• _PROBLEM TO SOLVE_
If a line in the listing includes the word "before", copy it out.

• _TASK DATA_
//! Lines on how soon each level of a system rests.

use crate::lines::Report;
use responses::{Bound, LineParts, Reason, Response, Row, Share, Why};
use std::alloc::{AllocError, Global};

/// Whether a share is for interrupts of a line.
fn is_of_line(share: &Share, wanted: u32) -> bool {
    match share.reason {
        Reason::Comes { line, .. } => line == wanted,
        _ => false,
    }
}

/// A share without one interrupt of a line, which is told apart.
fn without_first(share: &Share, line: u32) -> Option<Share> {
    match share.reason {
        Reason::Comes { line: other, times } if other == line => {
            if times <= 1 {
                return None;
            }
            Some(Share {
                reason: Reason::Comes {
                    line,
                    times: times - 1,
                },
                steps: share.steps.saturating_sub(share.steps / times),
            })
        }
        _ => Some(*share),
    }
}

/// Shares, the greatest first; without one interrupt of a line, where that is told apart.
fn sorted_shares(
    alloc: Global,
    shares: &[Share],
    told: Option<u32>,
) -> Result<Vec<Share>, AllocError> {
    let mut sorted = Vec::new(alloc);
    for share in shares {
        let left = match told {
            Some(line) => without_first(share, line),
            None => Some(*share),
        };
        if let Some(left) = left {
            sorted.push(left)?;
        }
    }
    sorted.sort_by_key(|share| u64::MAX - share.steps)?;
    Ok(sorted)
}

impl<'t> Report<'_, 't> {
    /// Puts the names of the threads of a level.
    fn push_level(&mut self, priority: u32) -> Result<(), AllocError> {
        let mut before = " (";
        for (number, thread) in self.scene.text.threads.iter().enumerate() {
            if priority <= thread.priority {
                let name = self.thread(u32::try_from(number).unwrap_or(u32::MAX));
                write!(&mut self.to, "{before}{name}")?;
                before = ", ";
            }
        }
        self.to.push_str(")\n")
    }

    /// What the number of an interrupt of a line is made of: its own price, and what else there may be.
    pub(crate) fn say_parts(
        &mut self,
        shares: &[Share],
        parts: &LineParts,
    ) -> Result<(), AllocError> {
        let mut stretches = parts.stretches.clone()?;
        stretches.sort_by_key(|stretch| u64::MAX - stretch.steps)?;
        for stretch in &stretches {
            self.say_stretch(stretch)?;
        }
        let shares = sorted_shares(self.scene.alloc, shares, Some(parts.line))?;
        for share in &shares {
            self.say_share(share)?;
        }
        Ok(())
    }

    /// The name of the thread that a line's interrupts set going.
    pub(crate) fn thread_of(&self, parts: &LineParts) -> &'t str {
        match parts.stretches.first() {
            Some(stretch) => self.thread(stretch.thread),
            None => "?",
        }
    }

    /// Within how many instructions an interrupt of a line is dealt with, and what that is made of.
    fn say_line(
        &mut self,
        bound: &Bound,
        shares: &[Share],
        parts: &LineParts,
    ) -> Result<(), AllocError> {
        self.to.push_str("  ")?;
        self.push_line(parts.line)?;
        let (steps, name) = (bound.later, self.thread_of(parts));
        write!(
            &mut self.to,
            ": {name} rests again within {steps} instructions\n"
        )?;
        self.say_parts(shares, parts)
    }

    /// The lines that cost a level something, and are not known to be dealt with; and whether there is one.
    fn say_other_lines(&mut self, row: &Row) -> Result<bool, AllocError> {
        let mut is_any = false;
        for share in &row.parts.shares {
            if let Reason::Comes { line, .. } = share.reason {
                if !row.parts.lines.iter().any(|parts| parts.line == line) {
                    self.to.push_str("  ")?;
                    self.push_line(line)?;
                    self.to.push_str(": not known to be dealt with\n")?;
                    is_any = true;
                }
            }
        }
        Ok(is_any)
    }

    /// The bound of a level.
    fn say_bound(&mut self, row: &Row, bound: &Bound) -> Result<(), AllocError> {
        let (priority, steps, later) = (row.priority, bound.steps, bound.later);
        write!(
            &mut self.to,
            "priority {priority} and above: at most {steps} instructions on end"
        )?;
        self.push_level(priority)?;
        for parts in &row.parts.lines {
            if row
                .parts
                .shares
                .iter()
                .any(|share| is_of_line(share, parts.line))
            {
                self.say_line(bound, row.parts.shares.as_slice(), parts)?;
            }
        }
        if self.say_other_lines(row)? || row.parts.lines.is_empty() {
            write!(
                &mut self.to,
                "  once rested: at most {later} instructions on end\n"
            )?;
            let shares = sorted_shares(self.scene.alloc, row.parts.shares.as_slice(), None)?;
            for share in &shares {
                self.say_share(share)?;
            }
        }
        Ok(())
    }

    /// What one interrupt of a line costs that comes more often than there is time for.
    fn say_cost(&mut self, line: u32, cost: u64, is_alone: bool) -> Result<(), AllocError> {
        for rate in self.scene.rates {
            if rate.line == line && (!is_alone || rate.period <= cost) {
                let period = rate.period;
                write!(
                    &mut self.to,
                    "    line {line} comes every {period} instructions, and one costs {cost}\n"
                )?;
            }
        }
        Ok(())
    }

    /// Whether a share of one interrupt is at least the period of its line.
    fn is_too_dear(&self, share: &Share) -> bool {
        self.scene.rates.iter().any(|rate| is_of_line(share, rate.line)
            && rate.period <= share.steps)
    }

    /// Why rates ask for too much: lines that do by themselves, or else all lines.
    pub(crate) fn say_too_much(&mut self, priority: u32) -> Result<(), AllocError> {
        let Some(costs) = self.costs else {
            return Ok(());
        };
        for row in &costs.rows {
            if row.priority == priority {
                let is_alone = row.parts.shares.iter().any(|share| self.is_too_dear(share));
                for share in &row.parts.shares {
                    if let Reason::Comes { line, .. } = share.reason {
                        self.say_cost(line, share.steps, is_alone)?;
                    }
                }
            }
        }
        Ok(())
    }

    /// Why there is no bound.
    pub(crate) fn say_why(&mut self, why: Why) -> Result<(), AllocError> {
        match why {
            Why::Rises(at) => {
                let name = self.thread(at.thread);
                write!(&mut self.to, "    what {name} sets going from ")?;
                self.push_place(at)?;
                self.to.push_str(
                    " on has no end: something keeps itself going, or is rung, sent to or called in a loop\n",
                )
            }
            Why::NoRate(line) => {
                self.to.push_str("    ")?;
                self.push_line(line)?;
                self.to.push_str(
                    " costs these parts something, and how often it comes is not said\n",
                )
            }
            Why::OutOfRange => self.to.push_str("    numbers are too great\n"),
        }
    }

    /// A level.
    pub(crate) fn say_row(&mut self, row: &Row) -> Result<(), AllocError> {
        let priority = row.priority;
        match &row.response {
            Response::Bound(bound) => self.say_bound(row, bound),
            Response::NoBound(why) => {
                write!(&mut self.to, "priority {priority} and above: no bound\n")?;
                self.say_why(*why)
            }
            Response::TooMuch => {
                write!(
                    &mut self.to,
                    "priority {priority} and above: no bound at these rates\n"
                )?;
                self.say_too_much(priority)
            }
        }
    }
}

--

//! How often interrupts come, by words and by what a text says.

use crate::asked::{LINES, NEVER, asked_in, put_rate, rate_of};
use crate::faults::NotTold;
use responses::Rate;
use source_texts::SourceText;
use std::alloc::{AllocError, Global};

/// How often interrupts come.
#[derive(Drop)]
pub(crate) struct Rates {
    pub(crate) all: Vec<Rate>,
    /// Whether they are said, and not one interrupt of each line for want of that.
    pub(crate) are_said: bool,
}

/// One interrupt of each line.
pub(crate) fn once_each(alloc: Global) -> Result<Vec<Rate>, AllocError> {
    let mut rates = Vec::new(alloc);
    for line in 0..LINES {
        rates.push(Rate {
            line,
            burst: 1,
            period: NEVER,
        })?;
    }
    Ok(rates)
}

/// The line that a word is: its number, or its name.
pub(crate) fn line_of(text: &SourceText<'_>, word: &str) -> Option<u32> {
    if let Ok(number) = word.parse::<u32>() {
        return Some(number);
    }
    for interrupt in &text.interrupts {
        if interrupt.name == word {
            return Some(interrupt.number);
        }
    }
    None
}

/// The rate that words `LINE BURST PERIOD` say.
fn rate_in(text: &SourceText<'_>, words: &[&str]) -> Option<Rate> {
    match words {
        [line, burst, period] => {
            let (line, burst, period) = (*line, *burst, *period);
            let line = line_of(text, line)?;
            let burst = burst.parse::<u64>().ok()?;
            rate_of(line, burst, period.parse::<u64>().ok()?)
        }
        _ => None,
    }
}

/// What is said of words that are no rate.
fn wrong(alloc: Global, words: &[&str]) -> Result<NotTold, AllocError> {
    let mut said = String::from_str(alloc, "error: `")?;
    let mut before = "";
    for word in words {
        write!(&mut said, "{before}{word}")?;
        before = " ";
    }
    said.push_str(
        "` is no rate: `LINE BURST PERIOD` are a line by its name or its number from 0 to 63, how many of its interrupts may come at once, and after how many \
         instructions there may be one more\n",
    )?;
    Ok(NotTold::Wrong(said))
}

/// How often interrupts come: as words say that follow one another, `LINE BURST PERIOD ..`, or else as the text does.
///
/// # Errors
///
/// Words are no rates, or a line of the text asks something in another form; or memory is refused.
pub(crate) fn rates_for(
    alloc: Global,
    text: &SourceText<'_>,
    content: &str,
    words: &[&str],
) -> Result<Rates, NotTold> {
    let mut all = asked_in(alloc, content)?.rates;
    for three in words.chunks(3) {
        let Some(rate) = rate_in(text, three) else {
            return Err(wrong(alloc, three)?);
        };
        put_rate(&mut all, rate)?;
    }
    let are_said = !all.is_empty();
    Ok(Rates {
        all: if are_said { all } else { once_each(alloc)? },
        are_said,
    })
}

• _ANSWER BOX_
        let mut before = " (";
                write!(&mut self.to, "{before}{name}")?;
                before = ", ";
    let mut before = "";
        write!(&mut said, "{before}{word}")?;
        before = " ";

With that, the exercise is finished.